# tetratec external canister leak



## dizzee (Jan 11, 2009)

i have a leaking 1200.

seems to be leaking from the front clips. do u think its just a faulty o-ring. Been running for a year fine tho, been leaking for about 2 months now. had to put it in a bucket and top up my water every 3 days.must loose around 6 litres 

any one know of decent places for fluval spares in the uk (kent)


----------



## daryn (Jul 25, 2008)

Try smothering the O-Ring with Vasaline till you can buy a replacement then when you get a new one do it to this too and it should prolong the life, hope this helps mate.


----------



## Anafranil (Mar 15, 2005)

vaseline to the o-ring most times solves this problem,they come lubricated when new but this fades away after opening it a few times


----------



## dizzee (Jan 11, 2009)

thanks fella. will try.


----------



## trackhazard (Sep 20, 2006)

Tetratec is the international version of the Marineland C-series canister filter (or vice versa depending on how you look at it).
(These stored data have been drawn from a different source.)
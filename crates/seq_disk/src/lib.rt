//! The outside of a real machine: the files below the folder that the program runs in, children, the clock, standard output, and what
//! the program was started with.
#![tactic(auto)]

mod disk;
mod disk_store;
mod folders;
mod place;
mod shell_spawner;
mod start;
mod stdout_sink;
mod wall_clock;

pub use disk_store::DiskStore;
pub use shell_spawner::ShellSpawner;
pub use start::{environment, words};
pub use stdout_sink::StdoutSink;
pub use wall_clock::WallClock;
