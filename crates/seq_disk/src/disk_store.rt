//! The store on disk.

ghost use Rattle.std.specs.Prelude.{◌≡◌, IfOk};
ghost use Rattle.seq_outside.specs.Seen.{Reads, store_cause};
ghost use Rattle.seq_disk.specs.Counts.{counts};

use crate::disk::{self, Put};
use crate::folders::Folders;
use seq_base::Bytes;
use seq_outside::{Store, StoreError};
use std::alloc::Global;
use std::io;
use std::rt::Files;

/// The files below the folder that the program runs in. It does not tell what it holds. A symbolic link is a file whose
/// bytes are the link's text, and is never followed.
#[derive(Drop)]
pub struct DiskStore<'a, R: Files + AllocGlobal + Clone + Drop> {
    rt: &'a R,
    folders: Folders,
    faults: u64,
    blocked: u64,
}

impl<'a, R: Files + AllocGlobal + Clone + Drop> DiskStore<'a, R> {
    pub fn new(rt: &'a R) -> DiskStore<'a, R> {
        DiskStore {
            rt,
            folders: Folders::new(rt.alloc()),
            faults: 0,
            blocked: 0,
        }
    }

    /// Forgets which folders were seen: whoever runs a child calls it then.
    pub fn forget_folders(&mut self)
        ensures faults { self.new.faults ≡ self.old.faults }
        ensures blocked { self.new.blocked ≡ self.old.blocked }
    {
        self.folders.forget_all();
    }

    fn counted<T>(&mut self, answer: io::Result<T>) -> Result<T, StoreError>
        ensures found { IfOk result (λ found. answer ≡ Ok found) }
        ensures reads { Reads ⊥ store_cause result (counts self.old.faults self.old.blocked) (counts self.new.faults self.new.blocked) }
    {
        match answer {
            Ok(found) => Ok(found),
            Err(error) if error.kind() == io::ErrorKind::OutOfMemory => Err(StoreError::Memory),
            Err(_) => {
                self.faults = self.faults.saturating_add(1);
                Err(StoreError::Failed)
            }
        }
    }
}

impl<'a, R: Files + AllocGlobal + Clone + Drop> Store for DiskStore<'a, R> {
    ghost told = { ⊥ };

    ghost seen = { λ store. counts store.faults store.blocked };

    ghost shaped = { λ _ told. absurd told };

    ghost at_store_paths = { λ _ told. absurd told };

    fn get(&mut self, alloc: Global, path: &[u8]) -> Result<Option<Vec<u8>>, StoreError> {
        let found = disk::read(self.rt, alloc, &mut self.folders, path);
        self.counted(found)
    }

    fn put(&mut self, alloc: Global, path: &[u8], bytes: &[u8]) -> Result<(), StoreError> {
        let put = disk::replace(self.rt, alloc, &mut self.folders, path, bytes);
        match self.counted(put)? {
            Put::Done => Ok(()),
            Put::Blocked => {
                self.blocked = self.blocked.saturating_add(1);
                Err(StoreError::Blocked)
            }
        }
    }

    fn remove(&mut self, alloc: Global, path: &[u8]) -> Result<bool, StoreError> {
        let removed = disk::remove(self.rt, alloc, &mut self.folders, path);
        self.counted(removed)
    }

    fn list(&mut self, alloc: Global, folder: &[u8]) -> Result<Vec<Bytes>, StoreError> {
        let listed = disk::list(self.rt, alloc, &mut self.folders, folder);
        self.counted(listed)
    }
}
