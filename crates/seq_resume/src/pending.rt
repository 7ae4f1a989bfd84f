//! A pending commit is made, where a list is continued.

ghost use Rattle.std.specs.List.{list_any};
ghost use Rattle.std.specs.Prelude.{◌≡◌, ◌++◌, codes, IfOk, IsErrOf, Some};
ghost use Rattle.std.specs.Str.{bytes_eq};
ghost use Rattle.child_steps.specs.Causes.{HasStepCause};
ghost use Rattle.child_steps.specs.Children.{spot_of};
ghost use Rattle.commit_maker.specs.Causes.{stop_failed as make_failed};
ghost use Rattle.commit_maker.specs.Commits.{CanBeMade, IsMade};
ghost use Rattle.index_file.specs.Entries.{IsInOrder, IsIndex};
ghost use Rattle.line_steps.specs.Finding.{found_at};
ghost use Rattle.line_steps.specs.Making.{commits_by};
ghost use Rattle.line_steps.specs.Picks.{unseen_within};
ghost use Rattle.line_steps.specs.Places.{writes};
ghost use Rattle.line_steps.specs.Writing.{head_moved as head_moved_to, is_same as is_same_map, tree_put};
ghost use Rattle.reading.specs.Going.{commit_pending as commit_pending_by, continue_does, continue_line as continue_line_of};
ghost use Rattle.reading.specs.Going.{continued_does, continued_heads, hook_waits_once, if_nothing_staged};
ghost use Rattle.reading.specs.Going.{pending_blocked as pending_blocked_by, pending_does, pending_lacks as pending_lacks_by};
ghost use Rattle.reading.specs.Going.{pending_making as pending_making_of, pending_map_does, pending_misfit, pending_parents as pending_parents_of};
ghost use Rattle.reading.specs.Going.{pending_source as pending_source_of, pending_stop as pending_stop_by, pending_tree_does};
ghost use Rattle.reading.specs.Going.{pending_unmade as pending_unmade_by, resolved_empty, resolved_form, stop_empty as stop_empty_by};
ghost use Rattle.reading.specs.Going.{unless_nothing_staged};
ghost use Rattle.reading.specs.Going.{waits_once, with_waiting as with_waiting_of};
ghost use Rattle.reading.specs.Resuming.{has_moved as has_moved_from};
ghost use Rattle.ref_text.specs.Logs.{IsLogValue, IsMessage};
ghost use Rattle.seq_outside.specs.Doing.{saying};
ghost use Rattle.seq_outside.specs.Follows.{Follows};
ghost use Rattle.seq_outside.specs.Halts.{Gives, for_reason, halt_cause};
ghost use Rattle.seq_outside.specs.Seen.{Reads};
ghost use Rattle.seq_resume.specs.Pendings.{HasPending, StaysPending};
ghost use Rattle.seq_step.specs.Causes.{stop_failed};
ghost use Rattle.seq_step.specs.Finding.{found_is};
ghost use Rattle.seq_step.specs.Keeping.{CanBeKept, Keeps};
ghost use Rattle.seq_step.specs.Settings.{MayCommit};
ghost use Rattle.stage_index.specs.Mapping.{mapped};
ghost use Rattle.stage_index.specs.Stages.{map_of};
ghost use Rattle.state_text.specs.Controls.{IsPending};

use commit_maker::{Made, MakeStop, Making, Source};
use ident_text::Ident;
use index_file::IndexEntry;
use line_steps::{Place, Setting, Stop};
use object_text::Ids as Parents;
use reading::Going;
use ref_text::LogLine;
use seq_base::{Bytes, Id, PathMap};
use seq_model::{Reason, StopKind};
use seq_outside::{Clock, Halt, Lack, Spawner, Store};
use seq_step::{
    Found, copy_of_any, found_in, head_moved, make_beside, put_tree, reason_of, run_hook, value_of,
    with_id,
};
use stage_index::{StageFault, staged_path, to_map};
use state_text::{Control, Empty, Form, Ids, Pending, StopWord};
use std::alloc::{AllocError, Global};
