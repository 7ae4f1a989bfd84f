//! Standard output.

ghost use Rattle.std.specs.Prelude.{[]};

use seq_outside::{Sink, SinkError};
use std::io::Write;

/// Prints to a writer, as standard output. It does not tell what was written.
#[derive(Drop)]
pub struct StdoutSink<W: Write> {
    out: W,
    faults: u64,
}

impl<W: Write> StdoutSink<W> {
    pub fn new(out: W) -> StdoutSink<W> {
        StdoutSink { out, faults: 0 }
    }
}

impl<W: Write> Sink for StdoutSink<W> {
    ghost told = { ⊥ };

    ghost bytes = { λ _. [] };

    ghost faults = { λ sink. sink.faults };

    fn write(&mut self, piece: &[u8]) -> Result<(), SinkError> {
        if piece.is_empty() {
            return Ok(());
        }
        match self.out.write_all(piece) {
            Ok(()) => Ok(()),
            Err(_) => {
                self.faults = self.faults.saturating_add(1);
                Err(SinkError::Failed)
            }
        }
    }
}
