//! Files on disk, below the folder that the program runs in. No link is followed, and what is no file, link or folder
//! is an error and is not opened.

ghost use Rattle.std.specs.List.{AllByRecursion, list_all};
ghost use Rattle.std.specs.Prelude.{◌≡◌, IfOk};
ghost use Rattle.seq_base.specs.StorePaths.{IsStorePath, is_store_path as is_store_path_of};

use crate::folders::Folders;
use crate::place::{Place, place_of, stands_at};
use seq_base::{Bytes, is_store_path};
use std::alloc::{AllocError, Global};
use std::fs::{OpenFile, OpenOptions, Permissions};
use std::io::{Read, Write};
use std::os::unix::fs::PermissionsExt;
use std::path::Path;
use std::rt::Files;
use std::{fs, io};

const REPOSITORY: &str = ".git";

const OBJECTS: &str = ".git/objects";

const REFS: &str = ".git/refs";

const TEMPORARY: &str = ".git/gitseq-tmp";

// Who may read, write and run a file.
const PERMISSION_BITS: u32 = 0o777;

/// Whether a file was put.
#[derive(Clone, Copy, Debug, PartialEq, Eq)]
pub enum Put {
    Done,
    /// It was not, and nothing changed: no folder can hold it, or a folder with files stands in its place.
    Blocked,
}

// What a folder holds, or it and those below it hold.
#[derive(Drop)]
struct Contents {
    files: Vec<Bytes>,
    // each behind the one that holds it
    folders: Vec<String>,
}

fn no_file() -> io::Error {
    io::Error::other("neither a file, a link nor a folder")
}

fn text_of(path: &[u8]) -> io::Result<&str> {
    match str::from_utf8(path) {
        Ok(path) => Ok(path),
        Err(_) => Err(io::Error::from(io::ErrorKind::InvalidFilename)),
    }
}

/// The bytes of a file, or the text of a link. None where neither stands there.
pub fn read<R: Files + AllocGlobal>(
    rt: &R,
    alloc: Global,
    folders: &mut Folders,
    path: &[u8],
) -> io::Result<Option<Vec<u8>>> {
    let path = text_of(path)?;
    match place_of(rt, alloc, folders, path)? {
        Place::Nothing | Place::Barred | Place::Folder => Ok(None),
        Place::File(length) => Ok(Some(bytes_of(rt, alloc, path, length)?)),
        Place::Link => {
            let target = fs::read_link(rt, path)?;
            Ok(Some(target.into_string().into_bytes()))
        }
        Place::Other => Err(no_file()),
    }
}

// The bytes of a file that had so many, read in room for one more: where a read gives just as many, it met the end.
fn bytes_of<R: Files>(rt: &R, alloc: Global, path: &str, length: u64) -> io::Result<Vec<u8>> {
    let length = usize::try_from(length).unwrap_or(usize::MAX);
    let mut bytes = vec![in alloc; 0; length.saturating_add(1)]?;
    let mut file = fs::open(rt, path)?;
    let count = match file.read(&mut bytes) {
        Ok(count) => count,
        Err(error) if error.kind() == io::ErrorKind::Interrupted => 0,
        Err(error) => return Err(error),
    };
    bytes.truncate(count);
    if count != length {
        file.read_to_end(&mut bytes)?;
    }
    Ok(bytes)
}

/// Makes the temporary file anew with these bytes, and renames it. A file that it replaces hands its permissions on.
pub fn replace<R: Files + AllocGlobal + Clone + Drop>(
    rt: &R,
    alloc: Global,
    folders: &mut Folders,
    path: &[u8],
    bytes: &[u8],
) -> io::Result<Put> {
    let path = text_of(path)?;
    let place = place_of(rt, alloc, folders, path)?;
    match place {
        Place::Barred => return Ok(Put::Blocked),
        Place::Other => return Err(no_file()),
        Place::Folder => {
            if has_files(rt, alloc, path)? {
                return Ok(Put::Blocked);
            }
        }
        Place::Nothing | Place::File(_) | Place::Link => {}
    }
    make_way_for_temporary(rt, alloc, folders)?;
    match write_and_move(rt, alloc, folders, path, place, bytes) {
        Ok(()) => Ok(Put::Done),
        Err(error) => {
            let _ = fs::remove_file(rt, TEMPORARY);
            Err(error)
        }
    }
}

fn has_files<R: Files + AllocGlobal + Clone + Drop>(
    rt: &R,
    alloc: Global,
    folder: &str,
) -> io::Result<bool> {
    Ok(!contents_below(rt, alloc, folder)?.files.is_empty())
}

fn make_way_for_temporary<R: Files + AllocGlobal + Clone + Drop>(
    rt: &R,
    alloc: Global,
    folders: &mut Folders,
) -> io::Result<()> {
    match place_of(rt, alloc, folders, TEMPORARY)? {
        Place::Nothing => make_folder(rt, folders, REPOSITORY),
        Place::Barred => Err(io::Error::from(io::ErrorKind::NotADirectory)),
        Place::Folder => remove_folders(rt, alloc, folders, TEMPORARY),
        Place::File(_) | Place::Link | Place::Other => fs::remove_file(rt, TEMPORARY),
    }
}

// Makes a folder and those that it lies in, where it was not seen.
fn make_folder<R: Files>(rt: &R, folders: &Folders, folder: &str) -> io::Result<()> {
    if folders.has(folder) {
        return Ok(());
    }
    fs::create_dir_all(rt, folder)
}

fn write_and_move<R: Files + AllocGlobal + Clone + Drop>(
    rt: &R,
    alloc: Global,
    folders: &mut Folders,
    path: &str,
    place: Place,
    bytes: &[u8],
) -> io::Result<()> {
    let mut file = OpenOptions::new()
        .write(true)
        .create_new(true)
        .open(rt, TEMPORARY)?;
    if let Place::File(_) = place {
        hand_permissions_on(rt, path, &file)?;
    }
    file.write_all(bytes)?;
    if place == Place::Folder {
        remove_folders(rt, alloc, folders, path)?;
    }
    if let Some((folder, _)) = path.rsplit_once('/') {
        make_folder(rt, folders, folder)?;
    }
    fs::rename(rt, TEMPORARY, path)
}

fn hand_permissions_on<R: Files>(rt: &R, path: &str, to: &R::File) -> io::Result<()> {
    let old = fs::symlink_metadata(rt, path)?.permissions().mode() & PERMISSION_BITS;
    let new = to.metadata()?.permissions().mode() & PERMISSION_BITS;
    if new == old {
        return Ok(());
    }
    to.set_permissions(Permissions::from_mode(old))
}

// Removes a folder in which there are no files, with the folders below it.
fn remove_folders<R: Files + AllocGlobal + Clone + Drop>(
    rt: &R,
    alloc: Global,
    folders: &mut Folders,
    folder: &str,
) -> io::Result<()> {
    let found = contents_below(rt, alloc, folder)?;
    if !found.files.is_empty() {
        return Err(io::Error::from(io::ErrorKind::DirectoryNotEmpty));
    }
    for below in found.folders.iter().rev() {
        remove_folder(rt, folders, below.as_str())?;
    }
    Ok(())
}

fn remove_folder<R: Files>(rt: &R, folders: &mut Folders, folder: &str) -> io::Result<()> {
    fs::remove_dir(rt, folder)?;
    folders.forget(folder);
    Ok(())
}

/// Removes a file or a link, and the folders that it leaves empty, up to the root and never `.git`, `.git/objects` or `.git/refs`.
/// Answers whether it was there.
pub fn remove<R: Files>(
    rt: &R,
    alloc: Global,
    folders: &mut Folders,
    path: &[u8],
) -> io::Result<bool> {
    let path = text_of(path)?;
    match place_of(rt, alloc, folders, path)? {
        Place::Nothing | Place::Barred | Place::Folder => Ok(false),
        Place::File(_) | Place::Link => {
            fs::remove_file(rt, path)?;
            remove_left_empty(rt, folders, path);
            Ok(true)
        }
        Place::Other => Err(no_file()),
    }
}

// Without these folders Git finds no repository, also where they would be empty (gitrepository-layout(5)).
fn is_kept(folder: &str) -> bool {
    folder.is_empty() || folder == REPOSITORY || folder == OBJECTS || folder == REFS
}

fn remove_left_empty<R: Files>(rt: &R, folders: &mut Folders, path: &str) {
    for folder in Path::new(path).ancestors().skip(1) {
        let folder = folder.as_str();
        if is_kept(folder) || remove_folder(rt, folders, folder).is_err() {
            return;
        }
    }
}

/// The paths of the files and links below a folder, in byte order. The empty path is the root.
pub fn list<R: Files + AllocGlobal + Clone + Drop>(
    rt: &R,
    alloc: Global,
    folders: &mut Folders,
    folder: &[u8],
) -> io::Result<Vec<Bytes>>
    ensures { IfOk result (λ paths. AllByRecursion IsStorePath paths.items) }
{
    let folder = text_of(folder)?;
    let place = if folder.is_empty() {
        Place::Folder
    } else {
        place_of(rt, alloc, folders, folder)?
    };
    match place {
        Place::Nothing | Place::Barred | Place::File(_) | Place::Link => Ok(Vec::new(alloc)),
        Place::Folder => sorted(contents_below(rt, alloc, folder)?.files),
        Place::Other => Err(no_file()),
    }
}

#[tactic(auto, using(crate::proofs::StorePathTests::each_is_store_path))]
fn sorted(mut files: Vec<Bytes>) -> io::Result<Vec<Bytes>>
    ensures { IfOk result (λ paths. AllByRecursion IsStorePath paths.items) }
{
    files.sort()?;
    if are_store_paths(&files) {
        Ok(files)
    } else {
        Err(io::Error::from(io::ErrorKind::InvalidFilename))
    }
}

fn are_store_paths(paths: &[Bytes]) -> bool
    ensures { result ≡ list_all is_store_path_of paths.now }
{
    paths.iter().all(|path| is_store_path(path.as_slice()))
}

fn contents_below<R: Files + AllocGlobal + Clone + Drop>(
    rt: &R,
    alloc: Global,
    folder: &str,
) -> io::Result<Contents> {
    let mut files = Vec::new(alloc);
    let mut folders = vec![in alloc; String::from_str(alloc, folder)?]?;
    for at in 0..usize::MAX {
        let Some(folder) = folders.get(at) else {
            break;
        };
        let mut found = contents_of(rt, alloc, folder.as_str())?;
        files.append(&mut found.files)?;
        folders.append(&mut found.folders)?;
    }
    Ok(Contents { files, folders })
}

// What stands in the folder itself.
fn contents_of<R: Files + AllocGlobal + Clone + Drop>(
    rt: &R,
    alloc: Global,
    folder: &str,
) -> io::Result<Contents> {
    let mut files = Vec::new(alloc);
    let mut folders = Vec::new(alloc);
    let opened = if folder.is_empty() { "." } else { folder };
    for entry in fs::read_dir(rt, opened)? {
        let path = join(alloc, folder, entry?.file_name())?;
        match stands_at(rt, path.as_str())? {
            Place::Nothing | Place::Barred => {}
            Place::File(_) | Place::Link => files.push(Bytes::from_vec(path.into_bytes()))?,
            Place::Folder => folders.push(path)?,
            Place::Other => return Err(no_file()),
        }
    }
    Ok(Contents { files, folders })
}

fn join(alloc: Global, folder: &str, name: &str) -> Result<String, AllocError> {
    if folder.is_empty() {
        String::from_str(alloc, name)
    } else {
        format!(in alloc; "{folder}/{name}")
    }
}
Check out the following link about people who have had Marineland canisters leak and Marineland sending them replacements.

http://cichlidforum.com/phpBB/viewtopic.php?t=186217&sid=2cf7859a0162b529b79ff9e2dd1591af

I've had my 2 C series canister filters for a year now and have not had any problems so far. it seems as if the weak link is the valve block. You may be able to call the distributor and get them to rectify your leak.

Charlie


----------